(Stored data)
• • •
//! Laws of a log, each the contract of a function that does nothing, and a block that is replaced
//! under a log record.
ghost use Rattle.std.specs.Prelude.{◌≡◌, ◌<◌, ◌≤◌, ◌+◌, ◌^◌, [], length, ℕ, List, IsTrue, false};
ghost use Rattle.std.specs.Prelude.{OnOk, slice_set, ◌⊎◌};
ghost use Rattle.vr_types.specs.Faults.{HasWriteCause};
ghost use Rattle.vr_types.specs.Fields.{AreZeros, IsBytes};
ghost use Rattle.vr_types.specs.Geometry.{IsAllowed};
ghost use Rattle.vr_types.specs.Image.{Image, block_at};
ghost use Rattle.vr_types.specs.Moments.{Guards};
ghost use Rattle.vr_types.specs.Regions.{Outside};
ghost use Rattle.vr_types.specs.Seen.{Left, Only};
ghost use Rattle.vr_log.specs.Damage.{IsDamagedAt};
ghost use Rattle.vr_log.specs.Live.{live_in, need_of, EndsLive};
ghost use Rattle.vr_log.specs.LogNow.{HasLog, HasLogCause, IsForced, IsFullWhere, IsLogged};
ghost use Rattle.vr_log.specs.LogNow.{IsOf, made, restarted};
ghost use Rattle.vr_log.specs.Records.{HasLengths, SpellsRecords};
ghost use Rattle.vr_log.specs.declared.record.LogRecord.{LogRecord as RecordOf};
ghost use Rattle.vr_log.specs.Content.{Content};
ghost use Rattle.vr_log.specs.Spells.{Spells};
ghost use Rattle.vr_types.specs.declared.geometry.Geometry.{Geometry as GeometryOf};
ghost use Rattle.vr_log.specs.Standing.{EndsThere, InLog, IsSettled, LogStands};

use crate::content::LogContent;
use crate::log::UndoLog;
use crate::no::LogNo;
use crate::record::LogRecord;
use vr_types::{Blocks, DeviceFault, Geometry};

/// Bytes spell one list of records at most.
pub fn one_list_of_records()
    ensures { (bytes : List ℕ) (one other : List RecordOf) → SpellsRecords bytes one
        → SpellsRecords bytes other → one ≡ other }
{}

/// Blocks spell one log at most.
pub fn one_log_at_most()
    ensures { (geometry : GeometryOf) (image : Image) (one other : Content)
        → 8 ≤ length (block_at image 1) → Spells geometry image one → Spells geometry image other
        → one ≡ other }
{}

/// Blocks that spell a log are not damaged.
pub fn damaged_blocks_spell_no_log()
    ensures { (geometry : GeometryOf) (image : Image) (content : Content) (n : ℕ)
        → 8 ≤ length (block_at image 1) → Spells geometry image content
        → IsDamagedAt geometry image n → ⊥ }
{}

/// Blocks of bytes spell a log, or are damaged at some block.
pub fn blocks_spell_a_log_or_are_damaged()
    ensures { (geometry : GeometryOf) (image : Image) → 1 ≤ geometry.log
        → ((i : ℕ) → i < geometry.log → IsBytes (block_at image (1 + i)))
        → ((content : Content) × Spells geometry image content)
        ⊎ ((n : ℕ) × IsDamagedAt geometry image n) }
{}

/// One block at most is the first that is misspelled.
pub fn one_damaged_block()
    ensures { (geometry : GeometryOf) (image : Image) (one other : ℕ)
        → IsDamagedAt geometry image one → IsDamagedAt geometry image other → one ≡ other }
{}

/// Each image that a crash may leave of a log that stands on its blocks has the records that were
/// forced and a prefix of all, or the log before while no block of this one was forced.
pub fn each_image_has_the_log<B: Blocks>(log: &UndoLog, blocks: &B)
    ensures { IsTrue B.tells → LogStands log.now (B.seen blocks.now)
        → (image : Image) → Left (B.seen blocks.now) image → HasLog log.now image }
{}

/// A log that stands on its blocks, with all records forced and no unit live, stands after
/// `restart` too: what each image then has is the log before. The next generation is one that a log
/// may have: one that comes near the last is begun anew ([`UndoLog::renew`]).
pub fn restarted_log_stands<B: Blocks>(log: &UndoLog, blocks: &B)
    ensures { IsTrue B.tells → LogStands log.now (B.seen blocks.now) → IsForced log.now
        → live_in log.now.records ≡ [] → log.now.generation + 1 < 2 ^ 63
        → LogStands (restarted log.now) (B.seen blocks.now) }
{}

/// A log that is made of what its blocks spell, as `read_back` gives it, stands on them, where a
/// crash leaves them as they are read, no block after the last one goes on with the log, and none
/// has a later generation: `clear_past` makes it so.
pub fn made_log_stands<B: Blocks>(geometry: &Geometry, content: &LogContent, blocks: &B)
    ensures { IsTrue B.tells → IsAllowed geometry.now → IsOf geometry.now (B.seen blocks.now)
        → IsSettled geometry.now (B.seen blocks.now)
        → Spells geometry.now (B.seen blocks.now).cur content.now
        → EndsThere (made geometry.now content.now) (B.seen blocks.now).cur
        → LogStands (made geometry.now content.now) (B.seen blocks.now) }
{}

/// A log without records stands on blocks of zeros, where a crash leaves them.
pub fn fresh_log_stands<B: Blocks>(geometry: &Geometry, blocks: &B)
    ensures { IsTrue B.tells → IsAllowed geometry.now → IsOf geometry.now (B.seen blocks.now)
        → IsSettled geometry.now (B.seen blocks.now)
        → ((n : ℕ) → InLog geometry.now n → AreZeros (block_at (B.seen blocks.now).cur n))
        → LogStands (made geometry.now (record { generation = 0; records = [] }))
        (B.seen blocks.now) }
{}

/// A log stays standing while a block outside it is put, whether that fails or not.
pub fn log_stands_while_others_put<B: Blocks>(
    log: &UndoLog,
    blocks: &mut B,
    home: u32,
    bytes: &[u8],
) -> Result<(), DeviceFault>
    requires home { home < (B.seen blocks.old).count }
    requires outside { Outside (InLog log.now.geometry) home }
    requires whole { length bytes.now ≡ (B.seen blocks.old).size }
    requires stands { IsTrue B.tells → LogStands log.now (B.seen blocks.old) }
    ensures stands { IsTrue B.tells → LogStands log.now (B.seen blocks.new) }
    ensures put { IsTrue B.tells → OnOk result
        ((B.seen blocks.new).cur ≡ slice_set (B.seen blocks.old).cur home bytes.now) }
    ensures cause { HasWriteCause (B.faults blocks.old) (B.faults blocks.new) result }
{
    blocks.put(home, bytes)
}

/// Replaces the content of a block outside the log: it appends the record, forces it, and then puts
/// the block. In every image at every moment, and from then on, the block has its old content, or
/// the image's log has the record.
pub fn write_ahead<B: Blocks>(
    log: &mut UndoLog,
    blocks: &mut B,
    rec: &LogRecord,
    home: u32,
    bytes: &[u8],
) -> Result<(), LogNo>
    requires sound { log.old.broken ≡ false }
    requires shape { IsOf log.old.geometry (B.seen blocks.old) }
    requires lengths { HasLengths rec.now }
    requires live { EndsLive (live_in log.old.records) rec.now }
    requires stands { IsTrue B.tells → LogStands log.old (B.seen blocks.old) }
    requires home { home < (B.seen blocks.old).count }
    requires outside { Outside (InLog log.old.geometry) home }
    requires whole { length bytes.now ≡ (B.seen blocks.old).size }
    requires settled { IsTrue B.tells → Only (B.seen blocks.old) home (λ block.
        block ≡ block_at (B.seen blocks.old).cur home) }
    ensures any_moment { IsTrue B.tells → Guards (B.seen blocks.old) (B.seen blocks.new)
        (IsLogged log.old rec.now home (block_at (B.seen blocks.old).cur home)) }
    ensures full { IsFullWhere log.old (need_of (live_in log.old.records) rec.now) result }
    ensures cause { HasLogCause (B.faults blocks.old) (B.faults blocks.new) result }
{
    log.append(blocks, rec)?;
    log.force(blocks)?;
    blocks.put(home, bytes)?;
    Ok(())
}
• • •
Prompt |
Every entry must be given again exactly as it reads.

Expected answer |
//! Laws of a log, each the contract of a function that does nothing, and a block that is replaced
//! under a log record.
ghost use Rattle.std.specs.Prelude.{◌≡◌, ◌<◌, ◌≤◌, ◌+◌, ◌^◌, [], length, ℕ, List, IsTrue, false};
ghost use Rattle.std.specs.Prelude.{OnOk, slice_set, ◌⊎◌};
ghost use Rattle.vr_types.specs.Faults.{HasWriteCause};
ghost use Rattle.vr_types.specs.Fields.{AreZeros, IsBytes};
ghost use Rattle.vr_types.specs.Geometry.{IsAllowed};
ghost use Rattle.vr_types.specs.Image.{Image, block_at};
ghost use Rattle.vr_types.specs.Moments.{Guards};
ghost use Rattle.vr_types.specs.Regions.{Outside};
ghost use Rattle.vr_types.specs.Seen.{Left, Only};
ghost use Rattle.vr_log.specs.Damage.{IsDamagedAt};
ghost use Rattle.vr_log.specs.Live.{live_in, need_of, EndsLive};
ghost use Rattle.vr_log.specs.LogNow.{HasLog, HasLogCause, IsForced, IsFullWhere, IsLogged};
ghost use Rattle.vr_log.specs.LogNow.{IsOf, made, restarted};
ghost use Rattle.vr_log.specs.Records.{HasLengths, SpellsRecords};
ghost use Rattle.vr_log.specs.declared.record.LogRecord.{LogRecord as RecordOf};
ghost use Rattle.vr_log.specs.Content.{Content};
ghost use Rattle.vr_log.specs.Spells.{Spells};
ghost use Rattle.vr_types.specs.declared.geometry.Geometry.{Geometry as GeometryOf};
ghost use Rattle.vr_log.specs.Standing.{EndsThere, InLog, IsSettled, LogStands};

use crate::content::LogContent;
use crate::log::UndoLog;
use crate::no::LogNo;
use crate::record::LogRecord;
use vr_types::{Blocks, DeviceFault, Geometry};

/// Bytes spell one list of records at most.
pub fn one_list_of_records()
    ensures { (bytes : List ℕ) (one other : List RecordOf) → SpellsRecords bytes one
        → SpellsRecords bytes other → one ≡ other }
{}

/// Blocks spell one log at most.
pub fn one_log_at_most()
    ensures { (geometry : GeometryOf) (image : Image) (one other : Content)
        → 8 ≤ length (block_at image 1) → Spells geometry image one → Spells geometry image other
        → one ≡ other }
{}

/// Blocks that spell a log are not damaged.
pub fn damaged_blocks_spell_no_log()
    ensures { (geometry : GeometryOf) (image : Image) (content : Content) (n : ℕ)
        → 8 ≤ length (block_at image 1) → Spells geometry image content
        → IsDamagedAt geometry image n → ⊥ }
{}

/// Blocks of bytes spell a log, or are damaged at some block.
pub fn blocks_spell_a_log_or_are_damaged()
    ensures { (geometry : GeometryOf) (image : Image) → 1 ≤ geometry.log
        → ((i : ℕ) → i < geometry.log → IsBytes (block_at image (1 + i)))
        → ((content : Content) × Spells geometry image content)
        ⊎ ((n : ℕ) × IsDamagedAt geometry image n) }
{}

/// One block at most is the first that is misspelled.
pub fn one_damaged_block()
    ensures { (geometry : GeometryOf) (image : Image) (one other : ℕ)
        → IsDamagedAt geometry image one → IsDamagedAt geometry image other → one ≡ other }
{}

/// Each image that a crash may leave of a log that stands on its blocks has the records that were
/// forced and a prefix of all, or the log before while no block of this one was forced.
pub fn each_image_has_the_log<B: Blocks>(log: &UndoLog, blocks: &B)
    ensures { IsTrue B.tells → LogStands log.now (B.seen blocks.now)
        → (image : Image) → Left (B.seen blocks.now) image → HasLog log.now image }
{}

/// A log that stands on its blocks, with all records forced and no unit live, stands after
/// `restart` too: what each image then has is the log before. The next generation is one that a log
/// may have: one that comes near the last is begun anew ([`UndoLog::renew`]).
pub fn restarted_log_stands<B: Blocks>(log: &UndoLog, blocks: &B)
    ensures { IsTrue B.tells → LogStands log.now (B.seen blocks.now) → IsForced log.now
        → live_in log.now.records ≡ [] → log.now.generation + 1 < 2 ^ 63
        → LogStands (restarted log.now) (B.seen blocks.now) }
{}

/// A log that is made of what its blocks spell, as `read_back` gives it, stands on them, where a
/// crash leaves them as they are read, no block after the last one goes on with the log, and none
/// has a later generation: `clear_past` makes it so.
pub fn made_log_stands<B: Blocks>(geometry: &Geometry, content: &LogContent, blocks: &B)
    ensures { IsTrue B.tells → IsAllowed geometry.now → IsOf geometry.now (B.seen blocks.now)
        → IsSettled geometry.now (B.seen blocks.now)
        → Spells geometry.now (B.seen blocks.now).cur content.now
        → EndsThere (made geometry.now content.now) (B.seen blocks.now).cur
        → LogStands (made geometry.now content.now) (B.seen blocks.now) }
{}

/// A log without records stands on blocks of zeros, where a crash leaves them.
pub fn fresh_log_stands<B: Blocks>(geometry: &Geometry, blocks: &B)
    ensures { IsTrue B.tells → IsAllowed geometry.now → IsOf geometry.now (B.seen blocks.now)
        → IsSettled geometry.now (B.seen blocks.now)
        → ((n : ℕ) → InLog geometry.now n → AreZeros (block_at (B.seen blocks.now).cur n))
        → LogStands (made geometry.now (record { generation = 0; records = [] }))
        (B.seen blocks.now) }
{}

/// A log stays standing while a block outside it is put, whether that fails or not.
pub fn log_stands_while_others_put<B: Blocks>(
    log: &UndoLog,
    blocks: &mut B,
    home: u32,
    bytes: &[u8],
) -> Result<(), DeviceFault>
    requires home { home < (B.seen blocks.old).count }
    requires outside { Outside (InLog log.now.geometry) home }
    requires whole { length bytes.now ≡ (B.seen blocks.old).size }
    requires stands { IsTrue B.tells → LogStands log.now (B.seen blocks.old) }
    ensures stands { IsTrue B.tells → LogStands log.now (B.seen blocks.new) }
    ensures put { IsTrue B.tells → OnOk result
        ((B.seen blocks.new).cur ≡ slice_set (B.seen blocks.old).cur home bytes.now) }
    ensures cause { HasWriteCause (B.faults blocks.old) (B.faults blocks.new) result }
{
    blocks.put(home, bytes)
}

/// Replaces the content of a block outside the log: it appends the record, forces it, and then puts
/// the block. In every image at every moment, and from then on, the block has its old content, or
/// the image's log has the record.
pub fn write_ahead<B: Blocks>(
    log: &mut UndoLog,
    blocks: &mut B,
    rec: &LogRecord,
    home: u32,
    bytes: &[u8],
) -> Result<(), LogNo>
    requires sound { log.old.broken ≡ false }
    requires shape { IsOf log.old.geometry (B.seen blocks.old) }
    requires lengths { HasLengths rec.now }
    requires live { EndsLive (live_in log.old.records) rec.now }
    requires stands { IsTrue B.tells → LogStands log.old (B.seen blocks.old) }
    requires home { home < (B.seen blocks.old).count }
    requires outside { Outside (InLog log.old.geometry) home }
    requires whole { length bytes.now ≡ (B.seen blocks.old).size }
    requires settled { IsTrue B.tells → Only (B.seen blocks.old) home (λ block.
        block ≡ block_at (B.seen blocks.old).cur home) }
    ensures any_moment { IsTrue B.tells → Guards (B.seen blocks.old) (B.seen blocks.new)
        (IsLogged log.old rec.now home (block_at (B.seen blocks.old).cur home)) }
    ensures full { IsFullWhere log.old (need_of (live_in log.old.records) rec.now) result }
    ensures cause { HasLogCause (B.faults blocks.old) (B.faults blocks.new) result }
{
    log.append(blocks, rec)?;
    log.force(blocks)?;
    blocks.put(home, bytes)?;
    Ok(())
}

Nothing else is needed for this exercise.